The Company’s financial statements are prepared on a going concern basis, which contemplates the realization of assets and the satisfaction of obligations in the normal course of business. The Company incurred a loss of $49,951 for the year ended December 31, 2015 and has an accumulated deficit of $68,106 as of December 31, 2015 The Company believes it will not have enough cash to meet its various cash needs unless it is able to obtain additional cash from the issuance of debt or equity securities.  The Company intends to raise funds from the issuance of equity and/or debt securities, but there is no assurance that additional funds from the issuance of equity will be available for the Company to finance its operations on acceptable terms, or at all.  If adequate funds are not available, the Company may have to delay development or commercialization of products or technologies that the Company would otherwise seek to commercialize, or cease operations.  These conditions, among others, raise substantial doubt about the Company’s ability to continue as a going concern.  The financial statements do not include any adjustments to reflect the possible future effects on the recoverability and classification of assets or the amounts and classification of liabilities that may result from the outcome of this uncertainty.

 

4PREPAID EXPENSE

 

Consists of a deposit made by the company on behalf of its customer for a package room deal.

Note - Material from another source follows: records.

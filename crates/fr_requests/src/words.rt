//! The words that begin requests and edits, by the bytes of a line.

ghost use Rattle.std.specs.Prelude.{◌≡◌, ◌∷◌, ◌++◌, [], IfSome};
ghost use Rattle.fr_requests.specs.LineLexemes.{Begins, letters, opening};

use crate::fronts::{skip_mark, skip_space};
use crate::requests::Question;

/// The word of a request.
#[derive(Clone, Copy)]
pub(crate) enum Word {
    Network,
    Edit(EditWord),
    Batch,
    Destination,
    Walk,
    Ask(Question),
}

/// The word of an edit.
#[derive(Clone, Copy)]
pub(crate) enum EditWord {
    Cut,
    Add,
    Join,
}

/// The word at the start of the array at the front, and the text after it.
#[inline(always)]
pub(crate) fn opening_word(text: &[u8]) -> Option<(Word, &[u8])>
    ensures { IfSome result (λ next. Begins text.now (opening (letters next.0)) next.1.now) }
{
    let (word, rest) = word_at_front(skip_space(skip_mark(b'[', text)?))?;
    Some((word, rest))
}

/// The word in quotes at the front, and the text after its quotes.
#[inline(always)]
fn word_at_front(text: &[u8]) -> Option<(Word, &[u8])>
    ensures { IfSome result (λ next. text.now ≡ (34 ∷ (letters next.0 ++ 34 ∷ [])) ++ next.1.now) }
{
    let [b'"', quoted @ ..] = text else {
        return None;
    };
    match quoted {
        [..=b'c', ..] => word_from_a_to_c(quoted),
        [..=b'l', ..] => word_from_d_to_l(quoted),
        _ => word_from_n_to_w(quoted),
    }
}

// Each word is compared as a constant, which costs a few instructions. `strip_prefix` would call a function that
// compares texts of any length. The words are in three functions, because the proof of one with all words takes long.

/// A word from `add` to `cut` with a quote behind it, and the text after the quote.
#[inline(always)]
fn word_from_a_to_c(text: &[u8]) -> Option<(Word, &[u8])>
    ensures { IfSome result (λ next. text.now ≡ (letters next.0 ++ 34 ∷ []) ++ next.1.now) }
{
    match text {
        [b'a', b'd', b'd', b'"', rest @ ..] => Some((Word::Edit(EditWord::Add), rest)),
        [b'b', b'a', b't', b'c', b'h', b'"', rest @ ..] => Some((Word::Batch, rest)),
        [b'c', b'u', b't', b'"', rest @ ..] => Some((Word::Edit(EditWord::Cut), rest)),
        [b'c', b'o', b'u', b'n', b't', b's', b'"', rest @ ..] => Some((
            Word::Ask(Question::Counts),
            rest,
        )),
        _ => None,
    }
}

/// A word from `dest` to `links` with a quote behind it, and the text after the quote.
#[inline(always)]
fn word_from_d_to_l(text: &[u8]) -> Option<(Word, &[u8])>
    ensures { IfSome result (λ next. text.now ≡ (letters next.0 ++ 34 ∷ []) ++ next.1.now) }
{
    match text {
        [b'd', b'e', b's', b't', b'"', rest @ ..] => Some((Word::Destination, rest)),
        [b'h', b'o', b'p', b's', b'"', rest @ ..] => Some((Word::Ask(Question::Hops), rest)),
        [b'j', b'o', b'i', b'n', b'"', rest @ ..] => Some((Word::Edit(EditWord::Join), rest)),
        [b'l', b'i', b'n', b'k', b's', b'"', rest @ ..] => Some((Word::Ask(Question::Links), rest)),
        _ => None,
    }
}

/// A word from `net` to `ways` with a quote behind it, and the text after the quote.
#[inline(always)]
fn word_from_n_to_w(text: &[u8]) -> Option<(Word, &[u8])>
    ensures { IfSome result (λ next. text.now ≡ (letters next.0 ++ 34 ∷ []) ++ next.1.now) }
{
    match text {
        [b'n', b'e', b't', b'"', rest @ ..] => Some((Word::Network, rest)),
        [b'w', b'a', b'l', b'k', b'"', rest @ ..] => Some((Word::Walk, rest)),
        [b'w', b'a', b'y', b's', b'"', rest @ ..] => Some((Word::Ask(Question::Ways), rest)),
        _ => None,
    }
}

The amount was used in February 2016.

 

5DEFERRED INCOME TAXES

 

The Company’s income tax benefit differs from the expected income tax benefit by applying the U.S. Federal statutory rate of 34% to net income (loss) as follows:

 

   December 31, 
   2015   2014 
         
Income tax provision (benefit) at statutory rate of 34%  $(16,983)  $(2,150)
Change in valuation allowance   16,983    2,150 
           
   $-   $- 

 

 F-8 

 

 

Deferred tax assets consist of:

 

   December 31, 
   2015   2014 
         
Deferred tax assets (liabilities):          
Net operating loss carryforward   23,150    6,120 
Valuation allowance (see Note 2)   (23,150)   (6,120)
           
Net deferred tax asset  $-   $- 

 

In assessing the realization of deferred tax assets, management considers whether it is more likely than not that some portion or all of the deferred tax assets will not be realized. The ultimate realization of deferred tax assets is dependent upon the generation of future taxable income.

 

The authoritative guidance requires a valuation allowance to reduce the deferred tax assets reported if, based on the weight of the evidence, it is more likely than not that some portion or all of the deferred tax assets will not be realized. Based on the level of historical taxable losses and projections of future taxable income (losses) over the periods in which the deferred tax assets can be realized, management currently believes that it is more likely than not that the Company will not realize the benefits of these deductible differences. Accordingly, management has determined that a 100% valuation allowance is appropriate at December 31, 2015 and December 31, 2014

 

6CONCENTRATION

 

During the year ended December 31, 2015 three customers represented approximately 49%, 27% and 18% of revenue.

 

7RELATED PARTY

 

The company paid $10,000 in rent to an officer of the company.

 

8SUBSEQUENT EVENTS

 

The Company has evaluated subsequent events through the date that these financial statements were issued. There have been no other events that would require adjustments to or disclosure in the financial statements.